From what I recall, the alienation mischief rims are only listed as front / race because they don't support rim brakes. Should be fine to use front or back with disc brakes.


----------



## jaybert (Sep 10, 2020)

TimTucker said:


> From what I recall, the alienation mischief rims are only listed as front / race because they don't support rim brakes. Should be fine to use front or back with disc brakes.


Ah nice, I guess bmx bikes are rim brakes only? I know even less about bmx bikes than I know about mountain bikes!


----------



## JackOfDiamonds (Apr 17, 2020)

BMX race bikes traditionally use a rear brake only with v-brakes. Freestyle bikes have changed over the years but the current trend for freestyle bikes is back to no brakes at all.


----------



## JackOfDiamonds (Apr 17, 2020)

Ok I'm pretty happy with the TCS Mischief rims. They are definitely legit tubeless rims. After building them up I still think they are heavier than they really need to be. For a 60lb rider I think it could be half the weight and still strong enough, especially at 28h, but this is the standard problem with kids bike parts. At at just over 300g it's still the lightest rim that's tubeless ready. Supposedly the drilling is designed for 3X lacing only, but that seems to be for low-flange hubs. I would encourage anyone buying these to take that with a big grain of salt and lace any high-flange hubs as 2x or even 1x and it will be better. 

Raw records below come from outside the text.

//! The judge.

ghost use Rattle.std.specs.Prelude.{◌≡◌, ◌≤◌, ◌<◌, ◌+◌, ◌↔◌, ◌⊎◌, None, IfOk, IfSome, MatchOption, IsTrue, length, reverse, take};
ghost use Rattle.run_trace.specs.Program.{nodes_of};
ghost use Rattle.run_trace.specs.Legality.{Legal, boot_entry, first_labels};
ghost use Rattle.node_state.specs.Events.{program, StartsAligned};
ghost use Rattle.run_judge.specs.Judged.{IsFirstFault, IsSound, Follows, BeginsAt};

use crate::cluster::JudgedCluster;
use crate::labels::same_labels;
use basics::NoMemory;
use run_trace::{Act, Entry, Label, Program, Setup, Why};
use rv_inst::Image;
use slot_space::{NodeNo, SLOT_SIZE, SLOTS_START, SlotNo, Tid};
use std::alloc::Global;
use trace_laws::{judged, whole};

/// The end of slot 0.
const STACK_END: u64 = SLOTS_START + SLOT_SIZE;

/// The number of the first entry at which a trace isn't legal, or of its entries where a node's beginning is missing.
/// None exactly where the trace is legal. It asks for an image whose main thread can start, as each image of a source is.
pub fn judge(
    alloc: Global,
    setup: &Setup,
    image: &Image,
    entries: &[Entry],
) -> Result<Option<usize>, NoMemory>
    requires { StartsAligned image.now }
    ensures legal { IfOk result (λ fault. (fault ≡ None) ↔ Legal (program setup.now image.now) (reverse entries.now)) }
    ensures first { IfOk result (λ fault. IfSome fault (λ number. IsFirstFault (program setup.now image.now) entries.now number)) }
{
    let program = Program::of(alloc, setup, image)?;
    fault_in(alloc, &program, entries)
}

// The same of a program.
fn fault_in(alloc: Global, program: &Program, entries: &[Entry]) -> Result<Option<usize>, NoMemory>
    requires { StartsAligned program.now.image }
    ensures legal { IfOk result (λ fault. (fault ≡ None) ↔ Legal program.now (reverse entries.now)) }
    ensures first { IfOk result (λ fault. IfSome fault (λ number. IsFirstFault program.now entries.now number)) }
{
    whole();
    match first_fault(alloc, program, entries)? {
        Some(number) => Ok(Some(number)),
        None => Ok(missing(program, entries)),
    }
}

// The number of entries, where a node's beginning is missing.
fn missing(program: &Program, entries: &[Entry]) -> Option<usize>
    ensures { MatchOption result ((length entries.now ≡ 0) ⊎ (nodes_of program.now ≤ length entries.now))
        (λ number. (number ≡ length entries.now) × (0 < length entries.now) × (length entries.now < nodes_of program.now)) }
{
    if entries.is_empty() || program.nodes() as usize <= entries.len() {
        return None;
    }
    Some(entries.len())
}

// The number of the first entry at which something is wrong.
fn first_fault(
    alloc: Global,
    program: &Program,
    entries: &[Entry],
) -> Result<Option<usize>, NoMemory>
    requires { StartsAligned program.now.image }
    ensures { IfOk result (λ fault. let p = program.now in MatchOption fault (IsSound p (reverse entries.now))
        (λ number. (number < length entries.now) × IsSound p (reverse (take number entries.now)) × (IsSound p (reverse (take (number + 1) entries.now)) → ⊥))) }
{
    judged();
    let mut cluster = JudgedCluster::fresh(alloc, program.setup())?;
    for (number, entry) in entries.iter().enumerate() {
        if !stands(program, entries, number, entry) {
            return Ok(Some(number));
        }
        if !cluster.does(program, entry)? {
            return Ok(Some(number));
        }
    }
    Ok(None)
}

// Whether the entry of this number may stand there by its order, its round and, if it is to be one, as a beginning.
fn stands(program: &Program, entries: &[Entry], number: usize, entry: &Entry) -> bool
    requires { number ≤ length entries.now }
    ensures { IsTrue result ↔ (Follows entry.now (reverse (take number entries.now)) × BeginsAt program.now number entry.now) }
{
    if !follows(entries, number, entry) {
        return false;
    }
    if number >= program.nodes() as usize {
        return true;
    }
    is_beginning(program, number, entry)
}

// Whether the entry comes after the first so many.
fn follows(entries: &[Entry], number: usize, entry: &Entry) -> bool
    requires { number ≤ length entries.now }
    ensures { IsTrue result ↔ Follows entry.now (reverse (take number entries.now)) }
{
    if number == 0 {
        return true;
    }
    comes_after(&entries[number - 1], entry)
}

// Whether the entry comes after this one.
fn comes_after(before: &Entry, entry: &Entry) -> bool
    ensures { IsTrue result ↔ (((before.now.stamp < entry.now.stamp) ⊎ ((before.now.stamp ≡ entry.now.stamp) × (before.now.node < entry.now.node))) × (before.now.round ≤ entry.now.round)) }
{
    let later = before.stamp < entry.stamp
        || (before.stamp == entry.stamp && before.node.0 < entry.node.0);
    later && before.round <= entry.round
}

// Whether the entry is the beginning of the node of this number.
fn is_beginning(program: &Program, number: usize, entry: &Entry) -> bool
    ensures { IsTrue result ↔ (entry.now ≡ boot_entry program.now number) }
{
    if entry.stamp != 1 {
        return false;
    }
    let node = entry.node;
    if node.0 as usize != number {
        return false;
    }
    if entry.round != 0 {
        return false;
    }
    let mut room = None;
    match entry.act {
        Act::Boot => are_first_labels(program, number, entry.labels.as_slice(&mut room)),
        _ => false,
    }
}

// Whether these are the labels of the beginning of the node of this number.
fn are_first_labels(program: &Program, number: usize, labels: &[Label]) -> bool
    ensures { IsTrue result ↔ (labels.now ≡ first_labels program.now number) }
{
    if number > 0 {
        return labels.is_empty();
    }
    let main = Label::Born {
        t: Tid {
            home: NodeNo(0),
            seq: 0,
        },
        why: Why::Main,
        entry: program.image().main,
        a0: 0,
        a1: 0,
        sp: STACK_END,
        slot: SlotNo(0),
    };
    same_labels(labels, &[main])
}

I like the Vee crown gem tires in general, but the ones I got were a lot heavier than expected at 500-570g. But they are also tubeless ready and they are a good width. 

Schwalbe Rocket Ron are about the lightest tires I could find. The 2.25 is supposed to be only 400g and the 1.8 is even lighter, but I haven't got them in the mail yet so we will see what they actually weigh. Schwalbe actually pushes the 1.8 for kids because they say the lightness is more important than the width, but I'm a fat tire fanatic so I went with the 2.25's anyway. I have to admit the skinnier ones would simplify the frame design a lot, but I don't want to build a frame around a certain tire either. If I build for 60mm tires I can even stick on any BMX tire if I have to. 

I know I started the thread for 20" rims, but I'm already working on a 24" build. Anyone have a favorite 24" rim?


----------



## CaptainDecisive (Sep 4, 2007)

For 24" rims for trail riding there's an easy choice - Stan's Crest Mk3.
They're light at 300g, 23mm ID, easy tubeless setup, available in 24H / 28H / 32H.
Definitely not the cheapest option, but if you're gonna build custom wheels for a kid then I'd pony up the money.


----------



## jaybert (Sep 10, 2020)

CaptainDecisive said:


> For 24" rims for trail riding there's an easy choice - Stan's Crest Mk3.
> They're light at 300g, 23mm ID, easy tubeless setup, available in 24H / 28H / 32H.
> Definitely not the cheapest option, but if you're gonna build custom wheels for a kid then I'd pony up the money.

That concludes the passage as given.